Accounts differ, as to whether it was the Vikings or ‘The Pechs’ that held the secret to making the ale, but the similar vein that runs through them is that eventually there were only two people in the world who held the secret: a father and his son. When they were forced to disclose their secret, the father claimed he would share the recipe, but only if his son was killed first. This request was followed through and the father then exclaimed that he had lied – he never intended to share the recipe, but believed that his son would have, being weaker than himself, and therefore had him killed to protect the secret forever!

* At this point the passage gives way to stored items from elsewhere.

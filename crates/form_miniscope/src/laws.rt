// What miniscoping keeps, as the contract of a function with nothing to do.

ghost use Rattle.formula.specs.Form.{Form, FormTruth, IsFormOver};
ghost use Rattle.formula.specs.Sizes.{depth};
ghost use Rattle.form_miniscope.specs.Miniscope.{miniscoped, scoped_below};
ghost use Rattle.std.specs.Prelude.{◌≡◌, ◌≤◌, ◌*◌, ◌↔◌, ℕ, ℤ, List, length};
ghost use Rattle.form_typed.specs.Truth.{Meaning};

/// A miniscoped formula is true exactly where the formula is, in every interpretation, at every list of as many integers as
/// it has names; it is over as many, and at most twice as deep. So is one that is miniscoped below its first for-alls.
pub fn miniscope_law()
    ensures truth { (w : Meaning) (n : ℕ) (f : Form) (e : List ℤ) → length e ≡ n → FormTruth w (miniscoped n f) e ↔ FormTruth w f e }
    ensures over { (n : ℕ) (f : Form) → IsFormOver n f → IsFormOver n (miniscoped n f) }
    ensures depth { (n : ℕ) (f : Form) → depth (miniscoped n f) ≤ 2 * depth f }
    ensures truth_below { (w : Meaning) (n : ℕ) (f : Form) (e : List ℤ) → length e ≡ n → FormTruth w (scoped_below n f) e ↔ FormTruth w f e }
    ensures over_below { (n : ℕ) (f : Form) → IsFormOver n f → IsFormOver n (scoped_below n f) }
    ensures depth_below { (n : ℕ) (f : Form) → depth (scoped_below n f) ≤ 2 * depth f }
{}
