// The dialogue `smt -`: each command of a script is answered as soon as it is read, by the answer to the script of the commands in force
// and this one.
#![tactic(auto)]

mod conversing;
mod dialogue;
mod errors;
mod judging;
mod kinds;
mod laws;
mod levels;
mod pieces;
mod spots;
mod stops;
mod talks;

pub use conversing::converse;
pub use dialogue::{Dialogue, Reply};
pub use laws::{begun_law, check_law, pieces_law};
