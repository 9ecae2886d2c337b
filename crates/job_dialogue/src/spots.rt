// Lines and columns of an input.

ghost use Rattle.job_dialogue.specs.Spots.{first_spot, goes_on, spot_after, spot_on};
ghost use Rattle.std.specs.Prelude.{◌≡◌, IfOk};

use linear_term::Memory;

/// A place in an input: its line and its column, each from 1 on. A byte that goes on a character takes no column.
#[derive(Clone, Copy, Debug, PartialEq, Eq)]
pub struct Spot {
    pub line: u64,
    pub column: u64,
}

/// The spot where an input begins.
pub(crate) fn first_spot() -> Spot
    ensures { result ≡ first_spot }
{
    Spot { line: 1, column: 1 }
}

/// The spot after these bytes, from a spot on.
pub(crate) fn spot_after(from: Spot, bytes: &[u8]) -> Result<Spot, Memory>
    ensures { IfOk result (λ spot. spot ≡ spot_after from bytes.now) }
{
    let mut spot = from;
    for byte in bytes {
        spot = spot_on(spot, *byte)?;
    }
    Ok(spot)
}

/// The spot after a byte.
fn spot_on(spot: Spot, byte: u8) -> Result<Spot, Memory>
    ensures { IfOk result (λ next. next ≡ spot_on spot byte) }
{
    if byte == b'\n' {
        let line = spot.line.checked_add(1).ok_or(Memory)?;
        return Ok(Spot { line, column: 1 });
    }
    if goes_on(byte) {
        return Ok(spot);
    }
    let column = spot.column.checked_add(1).ok_or(Memory)?;
    Ok(Spot {
        line: spot.line,
        column,
    })
}

/// Whether a byte goes on a character of several bytes.
fn goes_on(byte: u8) -> bool
    ensures { result ≡ goes_on byte }
{
    128 <= byte && byte < 192
}
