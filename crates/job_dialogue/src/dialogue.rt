// A dialogue between two commands, and how a piece of the input is answered.

ghost use Rattle.base_limits.specs.Limits.{most_budget};
ghost use Rattle.job_dialogue.specs.Dialogue.{IsDone, IsReply};
ghost use Rattle.job_dialogue.specs.Held.{first_held, passing};
ghost use Rattle.job_dialogue.specs.Views.{held_of, outcome_of};
ghost use Rattle.std.specs.Prelude.{◌≡◌, ◌≤◌, IfOk, drop, take};

use crate::judging::ask;
use crate::kinds::{Kind, Reading, read};
use crate::levels::{behaving, ending, leaving, opening, restarting, succeeding};
use crate::spots::{Spot, first_spot, spot_after};
use base_watch::Watch;
use linear_term::Memory;
use std::alloc::Global;

/// What is held between two commands.
#[derive(Drop)]
pub struct Dialogue {
    /// The declarations, definitions and assertions in force, one after the other.
    pub(crate) text: Vec<u8>,
    /// For each open level, the outermost first, how many bytes of them stood where it began.
    pub(crate) marks: Vec<usize>,
    /// The last check, where nothing but questions came after it.
    pub(crate) checked: Option<Vec<u8>>,
    /// Whether a command without another answer is answered `success`.
    pub(crate) succeeds: bool,
    /// Whether there was an `exit`.
    pub(crate) ended: bool,
    /// Where the next piece begins.
    pub(crate) spot: Spot,
}

/// What comes of a piece: the dialogue after it, and the answer.
#[derive(Drop)]
pub struct Reply {
    pub dialogue: Dialogue,
    pub text: Vec<u8>,
}

impl Dialogue {
    /// A dialogue in which nothing is said yet.
    pub fn new(alloc: Global) -> Dialogue
        ensures { held_of result ≡ first_held }
    {
        Dialogue {
            text: Vec::new(alloc),
            marks: Vec::new(alloc),
            checked: None,
            succeeds: false,
            ended: false,
            spot: first_spot(),
        }
    }

    /// Whether there was an `exit`.
    pub fn has_ended(&self) -> bool
        ensures { result ≡ (held_of self.now).ended }
    {
        self.ended
    }

    /// Answers a piece of the input: a list, with the blanks and comments before it. The one error is running out of memory.
    pub fn answer<X: Watch>(
        self,
        alloc: Global,
        piece: &[u8],
        budget: u64,
        watch: &mut X,
    ) -> Result<Reply, Memory>
        requires { budget ≤ most_budget }
        ensures { IfOk result (λ r. IsReply budget (held_of self) piece.now (held_of r.dialogue) r.text.items) }
    {
        let Reading { start, kind } = read(alloc, piece)?;
        let body = behind(piece, start);
        let dialogue = pass(self, front(piece, start))?;
        let Reply { dialogue, text } = answer_kind(alloc, dialogue, kind, body, budget, watch)?;
        Ok(Reply {
            dialogue: pass(dialogue, body)?,
            text,
        })
    }
}

/// Answers a command of this kind.
fn answer_kind<X: Watch>(
    alloc: Global,
    dialogue: Dialogue,
    kind: Kind,
    body: &[u8],
    budget: u64,
    watch: &mut X,
) -> Result<Reply, Memory>
    requires { budget ≤ most_budget }
    ensures { IfOk result (λ r. IsDone budget (held_of dialogue) kind body.now (outcome_of r)) }
{
    match kind {
        Kind::Opens(levels) => opening(alloc, dialogue, levels),
        Kind::Leaves(levels) => leaving(alloc, dialogue, levels),
        Kind::Restarts => restarting(alloc, dialogue),
        Kind::Ends => ending(alloc, dialogue),
        Kind::Succeeds(succeeds) => succeeding(alloc, dialogue, succeeds),
        Kind::Behaves => behaving(alloc, dialogue),
        Kind::Keeps | Kind::Asks | Kind::Shows | Kind::Says => ask(
            alloc, dialogue, kind, body, budget, watch,
        ),
    }
}

/// The dialogue after these bytes of the input.
fn pass(dialogue: Dialogue, bytes: &[u8]) -> Result<Dialogue, Memory>
    ensures { IfOk result (λ d. held_of d ≡ passing bytes.now (held_of dialogue)) }
{
    let mut dialogue = dialogue;
    dialogue.spot = spot_after(dialogue.spot, bytes)?;
    Ok(dialogue)
}

/// The bytes before this offset.
pub(crate) fn front(bytes: &[u8], at: u64) -> &[u8]
    ensures { result.now ≡ take at bytes.now }
{
    bytes.get(..at as usize).unwrap_or(bytes)
}

/// The bytes from this offset on.
fn behind(bytes: &[u8], at: u64) -> &[u8]
    ensures { result.now ≡ drop at bytes.now }
{
    bytes.get(at as usize..).unwrap_or(&[])
}
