// An S-expression once more.

ghost use Rattle.std.specs.Prelude.{◌≡◌, IfOk};

use linear_term::Memory;
use smt_lists::{Atom, AtomKind, Sexp};
use sqlite_items::Items;
use std::alloc::Global;

/// An S-expression once more.
#[cycle(copying)]
pub fn copy(alloc: Global, e: &Sexp) -> Result<Sexp, Memory>
    ensures { IfOk result (λ out. out ≡ e.now) }
{
    match e {
        Sexp::Atom(a) => Ok(Sexp::Atom(copy_atom(alloc, a)?)),
        Sexp::List(at, members) => Ok(Sexp::List(*at, copy_all(alloc, members.as_slice())?)),
    }
}

/// S-expressions once more.
#[cycle(copying)]
pub fn copy_all(alloc: Global, es: &[Sexp]) -> Result<Items<Sexp>, Memory>
    ensures { IfOk result (λ out. out ≡ es.now) }
{
    let mut out = Items::new(alloc);
    for e in es {
        out.push(copy(alloc, e)?)?;
    }
    Ok(out)
}

/// An atom once more.
pub fn copy_atom(alloc: Global, a: &Atom) -> Result<Atom, Memory>
    ensures { IfOk result (λ out. out ≡ a.now) }
{
    let kind = match &a.kind {
        AtomKind::Numeral(value) => AtomKind::Numeral(*value),
        AtomKind::LargeNumeral => AtomKind::LargeNumeral,
        AtomKind::Decimal => AtomKind::Decimal,
        AtomKind::Hash => AtomKind::Hash,
        AtomKind::StringLiteral(text) => {
            AtomKind::StringLiteral(Items::from_slice(alloc, text.as_slice())?)
        }
        AtomKind::Keyword(text) => AtomKind::Keyword(Items::from_slice(alloc, text.as_slice())?),
        AtomKind::Symbol(text) => AtomKind::Symbol(Items::from_slice(alloc, text.as_slice())?),
    };
    Ok(Atom { at: a.at, kind })
}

You can read a full version of this story in English in Robert Chambers’ Popular Rhymes of Scotland. The story starts with this charming description of the Pech people:

“LONG ago there were people in this country called the Pechs; short wee men they were, wi’ red hair, and long arms, and feet sae braid, that when it rained they could turn them up owre their heads, and then they served for umbrellas.”

Listen to a 1961 version on the Tobar an Dualchais website by John Jamieson Irvine, recorded by School of Scottish Studies fieldworker, Elizabeth Sinclair.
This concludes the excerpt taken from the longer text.